Csehely Szilvia, Kun Adrienn, Orbán Edina, Katona Tamás, Orosz Mónika, Krasznai Zoárd Tibor, Deli Tamás, Jakab Attila
Department of Obstetrics and Gynaecology, Faculty of Medicine, University of Debrecen, Nagyerdei krt. 98, 4032 Debrecen, Hungary.
Doctoral School of Informatics, University of Debrecen, 4028 Debrecen, Hungary.
Diagnostics (Basel). 2025 Jul 6;15(13):1724. doi: 10.3390/diagnostics15131724.
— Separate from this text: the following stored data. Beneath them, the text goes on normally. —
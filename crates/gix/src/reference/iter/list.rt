//! Lists of references.

use gx_refs::Reference;
use std::marker::Model;

/// References as they were found, in rising order of the bytes of their names.
#[derive(Debug, Drop)]
pub struct ReferenceList {
    vec: Vec<Reference>,
}

impl Model for ReferenceList {
    ghost use Rattle.std.specs.Prelude.{List};
    ghost use Rattle.gx_refs.specs.declared.reference.Reference.{Reference};

    ghost Value = { List Reference };

    ghost view = { λ references. references.vec.items };
}

impl ReferenceList {
    ghost use Rattle.std.specs.Prelude.{◌≡◌};

    pub(crate) fn from_vec(vec: Vec<Reference>) -> ReferenceList
        ensures { result ≡ vec.items }
    {
        ReferenceList { vec }
    }

    pub fn into_vec(self) -> Vec<Reference>
        ensures { result.items ≡ self }
    {
        self.vec
    }

    pub fn as_slice(&self) -> &[Reference]
        ensures { result.now ≡ self.now }
    {
        &self.vec
    }
}
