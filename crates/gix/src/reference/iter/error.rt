//! Why references are not listed.

use gx_store::{StoreError, What};
use thiserror::Error;

/// Why a listing is refused.
#[derive(Debug, PartialEq, Eq, Drop, Error)]
pub enum IterError {
    /// The prefix begins with a slash, or one of its components is `.` or `..`.
    #[error("the prefix is no relative path")]
    RelativePath,
    #[error("the store failed at {what:?}")]
    Store { what: What },
    #[error("out of memory")]
    NoMemory,
}

impl From<StoreError> for IterError {
    ghost use Rattle.std.specs.Prelude.{◌≡◌};
    ghost use Rattle.gix.specs.References.{of_store};

    ghost from_gives = { λ refusal e. e ≡ of_store refusal };

    fn from(refusal: StoreError) -> IterError {
        match refusal {
            StoreError::NoMemory => IterError::NoMemory,
            StoreError::Fault { what } => IterError::Store { what },
        }
    }
}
: Premature ovarian insufficiency (POI) is a complex and heterogeneous condition affecting women of reproductive age. Historically, most POI cases have been classified as idiopathic due to limited diagnostic capabilities. However, due to the success of oncologic treatments and the increasing number of gynecologic surgeries enabled by improved diagnostics, the proportion of iatrogenic POI cases has risen substantially. : To investigate the current prevalence of POI etiologies, to compare the etiological distribution between two POI cohorts from a single tertiary center-one historical (1978-2003) and one contemporary (2017-2024)-and to explore how the spectrum of underlying causes has changed over the past four decades. : Data from 111 women diagnosed with POI between 2017 and 2024 were retrospectively reviewed and compared with those from a historical cohort of 172 patients. Etiologies were classified as genetic, autoimmune, iatrogenic, or idiopathic. Statistical comparisons were performed using chi-square and z-tests. Hormonal profiles and reproductive outcomes were also analyzed. : The current prevalence of POI etiologies is as follows: genetic 9.9%, autoimmune 18.9%, iatrogenic 34.2%, idiopathic 36.9%. In the historical POI cohort, etiologies were classified as genetic in 11.6%, autoimmune in 8.7%, iatrogenic in 7.6%, and idiopathic in 72.1%. The changes in the prevalence of autoimmune, iatrogenic, and idiopathic POI were statistically significant ( < 0.05). Reproductive outcomes remained limited: 10 pregnancies occurred in each cohort, with 7 live births in the contemporary group. : Our findings suggest a significant shift in the etiological landscape of POI, with a notable, more than fourfold rise in identifiable iatrogenic cases and a twofold increase in the autoimmune group, resulting in a halving of idiopathic POI. Prevalence of genetic etiology remained unchanged. While diagnostic capabilities have improved, reproductive outcomes remain largely unchanged and suboptimal.
卵巢早衰(POI)是一种影响育龄女性的复杂且异质性疾病。历史上,由于诊断能力有限,大多数POI病例被归类为特发性。然而,由于肿瘤治疗的成功以及诊断技术改进使妇科手术数量增加,医源性POI病例的比例大幅上升。
目的是调查POI病因的当前患病率,比较来自单一三级中心的两个POI队列(一个历史队列,1978 - 2003年;一个当代队列,2017 - 2024年)之间的病因分布,并探讨在过去四十年中潜在病因谱是如何变化的。
回顾性分析了2017年至2024年间诊断为POI的111名女性的数据,并与172名患者的历史队列数据进行比较。病因分为遗传、自身免疫、医源性或特发性。采用卡方检验和z检验进行统计学比较。还分析了激素水平和生殖结局。
POI病因的当前患病率如下:遗传因素占9.9%,自身免疫因素占18.9%,医源性因素占34.2%,特发性因素占36.9%。在历史POI队列中,病因分类为遗传因素占11.6%,自身免疫因素占8.7%,医源性因素占7.6%,特发性因素占72.1%。自身免疫性、医源性和特发性POI患病率的变化具有统计学意义(P<0.05)。生殖结局仍然有限:每个队列中有10例妊娠,当代组有7例活产。
我们的研究结果表明,POI的病因格局发生了显著变化,可识别的医源性病例显著增加,超过四倍,自身免疫组增加了两倍,导致特发性POI减半。遗传病因的患病率保持不变。虽然诊断能力有所提高,但生殖结局基本未变且不理想。